What this notebook does:

  • It takes the widely used iris dataset.
  • It divides the dataset into random samples of test and training data
  • It fits the data to a simple linear model
  • It predicts the outcomes of the test data and calculates the score
  • It iterates through the different parameters and does above things for every combination of parameters

We take the following modules from the scikit-learn package: (http://scikit-learn.org/stable/)

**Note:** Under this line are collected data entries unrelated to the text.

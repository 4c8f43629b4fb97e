//! Why a program stops early.
ghost use Rattle.std.specs.Prelude.{◌≡◌};
ghost use Rattle.cmd_answers.specs.Writes.{stop_of, stop_status};

use crate::status::{NO_MEMORY, READ_FAILED, WRITE_FAILED};
use eh_port::FileFault;
use std::alloc::AllocFailed;

/// Why a program stops early.
#[derive(Clone, Copy)]
pub enum Stop {
    /// A read of a file or of the input failed.
    Read,
    /// A write of the output failed.
    Write,
    /// There was no memory.
    Memory,
}

impl Stop {
    /// The status that the program ends with.
    pub fn status(self) -> u8
        ensures { result ≡ stop_status self }
    {
        match self {
            Stop::Read => READ_FAILED,
            Stop::Write => WRITE_FAILED,
            Stop::Memory => NO_MEMORY,
        }
    }
}

impl From<FileFault> for Stop {
    ghost from_gives = { λ fault stop. stop ≡ stop_of fault };

    fn from(fault: FileFault) -> Self {
        match fault {
            FileFault::Failed => Stop::Read,
            FileFault::OutOfMemory => Stop::Memory,
        }
    }
}

impl<T: Drop> From<AllocFailed<T>> for Stop {
    ghost use Rattle.cmd_answers.specs.declared.stop.Stop.TheVariants.{Memory};

    ghost from_gives = { λ _ stop. stop ≡ Memory };

    fn from(_: AllocFailed<T>) -> Self {
        Stop::Memory
    }
}
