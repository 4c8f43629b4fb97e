//! What a program answers: the texts that it writes, its statuses, and why it stops early (docs/guide/command-line.md, docs/rules/memory.md). Every
//! program of this repository that answers by a status uses this crate.
#![tactic(auto)]

pub mod answer;
pub mod status;
mod stop;

pub use stop::Stop;
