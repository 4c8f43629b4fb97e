//! A generic entry of GNU's tables as a table of the compact model (IHI 0038): its unwind instructions, and descriptors for its
//! call-site records. docs/rules/gnu-tables.md states the rules.
#![tactic(auto)]

pub mod codes;
pub mod scopes;

pub use codes::codes_of;
pub use scopes::{GnuDescriptor, scopes_of};
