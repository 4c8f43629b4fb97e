//! The unwind instructions of a generic entry, in the form of a table of personality index 2. docs/rules/gnu-tables.md states the rule.
ghost use Rattle.std.specs.Prelude.{◌≡◌, ◌++◌, OnOk, IfOk};
ghost use Rattle.gnu_lsda.specs.Entries.{words_of};
ghost use Rattle.gnu_descriptors.specs.Codes.{without_count, codes_in, codes_of};

use eh_codes::code::FINISH;
use gnu_compact::codes::push_swapped_words;
use gnu_lsda::Generic;
use std::alloc::{AllocError, Global};

/// Appends the unwind instructions in words: the bytes of each word, the top one first, without the top byte of the first word.
fn push_without_count(out: &mut Vec<u8>, words: &[u8]) -> Result<(), AllocError>
    ensures { OnOk result (out.new.items ≡ out.old.items ++ without_count words.now) }
{
    match words {
        [third, second, first, _count, rest @ ..] => {
            out.extend_from_slice(&[*first, *second, *third])?;
            push_swapped_words(out, rest)
        }
        _ => Ok(()),
    }
}

/// The unwind instructions in words, followed by the bytes that fill the last word of a table.
fn codes_in(alloc: Global, words: &[u8]) -> Result<Vec<u8>, AllocError>
    ensures { IfOk result (λ v. v.items ≡ codes_in words.now) }
{
    let mut out = Vec::new(alloc);
    push_without_count(&mut out, words)?;
    out.extend_from_slice(&[FINISH; 3])?;
    Ok(out)
}

/// The unwind instructions of an entry, followed by three times "finish". With the two bytes before them they fill whole words. None if
/// the entry's words aren't there.
pub fn codes_of(alloc: Global, entry: &Generic) -> Result<Vec<u8>, AllocError>
    ensures { IfOk result (λ v. v.items ≡ codes_of entry.now) }
{
    match entry.words() {
        None => Ok(Vec::new(alloc)),
        Some(words) => codes_in(alloc, words),
    }
}
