//! The descriptors of a generic entry of GNU's tables: what a throw finds in each part of its function's range. docs/rules/gnu-tables.md
//! states the rules.
ghost use Rattle.std.specs.Prelude.{◌≡◌, ◌+◌, ◌^◌, ◌<◌, [], ◌++◌, flat_map, OnOk, IfOk};
ghost use Rattle.std.specs.List.{list_any};
ghost use Rattle.gnu_lsda.specs.Sites.{records_of};
ghost use Rattle.gnu_lsda.specs.Chains.{actions_of};
ghost use Rattle.gnu_descriptors.specs.Scopes.{uncovered_part, takes_of, pad_of, catch_descriptor, catches_of, is_cleaning, is_cleanup, cleanup_of, landing_of, record_descriptors, end_after, item_descriptors, scopes_from, scopes_of};

use eh_desc::CatchType;
use gnu_compact::{OwnDescriptor, OwnKind};
use gnu_lsda::{Action, ActionFault, CatchFilter, Generic, Lsda, Record, RecordFault};
use std::alloc::{AllocError, Global};

/// A descriptor for a part of a generic entry's range.
#[derive(Clone, Copy)]
pub struct GnuDescriptor {
    /// The descriptor, as it is to be written.
    pub descriptor: OwnDescriptor,
    /// For a catch, the filter that its handler is given; else None.
    pub filter: Option<u32>,
}

/// Adds the descriptor of a part that no record covers: a specification that stops every exception. `from` and `to` are offsets in
/// bytes; adds nothing if the part is empty.
fn push_gap(out: &mut Vec<GnuDescriptor>, from: u64, to: u32) -> Result<(), AllocError>
    ensures { OnOk result (out.new.items ≡ out.old.items ++ uncovered_part from to) }
{
    if from < u64::from(to) {
        let offset = from as u32;
        out.push(GnuDescriptor {
            descriptor: OwnDescriptor {
                offset,
                size: to - offset,
                kind: OwnKind::Specification,
            },
            filter: None,
        })?;
    }
    Ok(())
}

/// What the catch of a filter catches.
fn takes_of(takes: CatchFilter) -> CatchType
    ensures { result ≡ takes_of takes }
{
    match takes {
        CatchFilter::All => CatchType::All,
        CatchFilter::OfType(address) => CatchType::One(address),
    }
}

/// The address of a record's landing pad.
fn pad_of(start: u32, site: &Record) -> u32
    ensures { result ≡ pad_of start site.now }
{
    start.wrapping_add(site.pad)
}

/// The catch of a filter, with all of a record's part as its scope.
fn catch_descriptor(start: u32, site: &Record, filter: u64, takes: CatchFilter) -> GnuDescriptor
    ensures { result ≡ catch_descriptor start site.now filter takes }
{
    GnuDescriptor {
        descriptor: OwnDescriptor {
            offset: site.start,
            size: site.size,
            kind: OwnKind::Catch {
                pad: pad_of(start, site),
                takes: takes_of(takes),
            },
        },
        filter: Some((filter % 0x1_0000_0000) as u32),
    }
}

/// Adds the catch of an action; nothing if the action isn't a catch.
fn push_catch(
    out: &mut Vec<GnuDescriptor>,
    start: u32,
    site: &Record,
    item: Result<Action, ActionFault>,
) -> Result<(), AllocError>
    ensures { OnOk result (out.new.items ≡ out.old.items ++ catches_of start site.now item) }
{
    if let Ok(Action::Catch { filter, takes }) = item {
        out.push(catch_descriptor(start, site, filter, takes))?;
    }
    Ok(())
}

/// Whether an action is a cleanup.
fn is_cleanup(item: Result<Action, ActionFault>) -> bool
    ensures { result ≡ is_cleanup item }
{
    match item {
        Ok(Action::Cleanup) => true,
        Ok(Action::Catch { .. } | Action::NoTypes | Action::Specification) | Err(_) => false,
    }
}

/// Whether a chain has a cleanup.
fn has_cleanup(area: &Lsda, action: u32) -> bool
    ensures { result ≡ list_any is_cleanup (actions_of area.now action) }
{
    for item in area.actions(action) {
        if is_cleanup(item) {
            return true;
        }
    }
    false
}

/// Whether a record's cleanup runs for a throw that none of its actions catches.
fn is_cleaning(area: &Lsda, action: u32) -> bool
    ensures { result ≡ is_cleaning area.now action }
{
    action == 0 || has_cleanup(area, action)
}

/// Adds the cleanup of a record.
fn push_cleanup(out: &mut Vec<GnuDescriptor>, start: u32, site: &Record) -> Result<(), AllocError>
    ensures { OnOk result (out.new.items ≡ out.old.items ++ cleanup_of start site.now) }
{
    out.push(GnuDescriptor {
        descriptor: OwnDescriptor {
            offset: site.start,
            size: site.size,
            kind: OwnKind::Cleanup {
                pad: pad_of(start, site),
            },
        },
        filter: None,
    })?;
    Ok(())
}

/// Adds the catches of a record, in the order of its chain.
fn push_catches(
    out: &mut Vec<GnuDescriptor>,
    start: u32,
    area: &Lsda,
    site: &Record,
) -> Result<(), AllocError>
    ensures { OnOk result (out.new.items ≡ out.old.items ++ flat_map (catches_of start site.now) (actions_of area.now site.now.action)) }
{
    for item in area.actions(site.action) {
        push_catch(out, start, site, item)?;
    }
    Ok(())
}

/// Adds the descriptors of a record with a landing pad: its catches, and then its cleanup, if it has one.
fn push_landing(
    out: &mut Vec<GnuDescriptor>,
    start: u32,
    area: &Lsda,
    site: &Record,
) -> Result<(), AllocError>
    ensures { OnOk result (out.new.items ≡ out.old.items ++ landing_of start area.now site.now) }
{
    push_catches(out, start, area, site)?;
    if is_cleaning(area, site.action) {
        push_cleanup(out, start, site)?;
    }
    Ok(())
}

/// Adds the descriptors of a record: none without a landing pad.
fn push_record_descriptors(
    out: &mut Vec<GnuDescriptor>,
    start: u32,
    area: &Lsda,
    site: &Record,
) -> Result<(), AllocError>
    ensures { OnOk result (out.new.items ≡ out.old.items ++ record_descriptors start area.now site.now) }
{
    if site.pad == 0 {
        Ok(())
    } else {
        push_landing(out, start, area, site)
    }
}

/// The end of the range up to a record, in bytes; a record of size 0 doesn't change it.
fn end_after(at: u64, item: Result<Record, RecordFault>) -> u64
    ensures { result ≡ end_after at item }
{
    match item {
        Ok(site) => {
            if site.size == 0 {
                at
            } else {
                u64::from(site.start) + u64::from(site.size)
            }
        }
        Err(RecordFault::Short) => at,
    }
}

/// Adds the descriptors of the gap before a record and of the record; none for a record of size 0.
fn push_record(
    out: &mut Vec<GnuDescriptor>,
    start: u32,
    area: &Lsda,
    at: u64,
    item: Result<Record, RecordFault>,
) -> Result<(), AllocError>
    ensures { OnOk result (out.new.items ≡ out.old.items ++ item_descriptors start area.now at item) }
{
    match item {
        Ok(site) => {
            if site.size == 0 {
                return Ok(());
            }
            push_gap(out, at, site.start)?;
            push_record_descriptors(out, start, area, &site)
        }
        Err(RecordFault::Short) => Ok(()),
    }
}

/// The descriptors of an entry with its data area, in the order of its function's range. A part that no record covers has a
/// specification that stops every exception. A record has the catches of its chain in their order, and then its cleanup. Linear in
/// records and actions. Err if memory runs out.
pub fn scopes_of(
    alloc: Global,
    entry: &Generic,
    area: &Lsda,
) -> Result<Vec<GnuDescriptor>, AllocError>
    ensures { IfOk result (λ v. v.items ≡ scopes_of entry.now area.now) }
{
    let mut out = Vec::new(alloc);
    let mut at = 0;
    for item in area.records() {
        push_record(&mut out, entry.start(), area, at, item)?;
        at = end_after(at, item);
    }
    push_gap(&mut out, at, entry.size())?;
    Ok(out)
}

  • We need a dataset: We take one of the data sets that comes with scikit-learn
  • We need to model our data set: linear_model
  • We need to cross validate our prediction: cross_validation

  • We need a plotting library: matplotlib is the python package for beautiful data visualization. (http://matplotlib.org/)

  • We need a data analysis library: Pandas (http://pandas.pydata.org/)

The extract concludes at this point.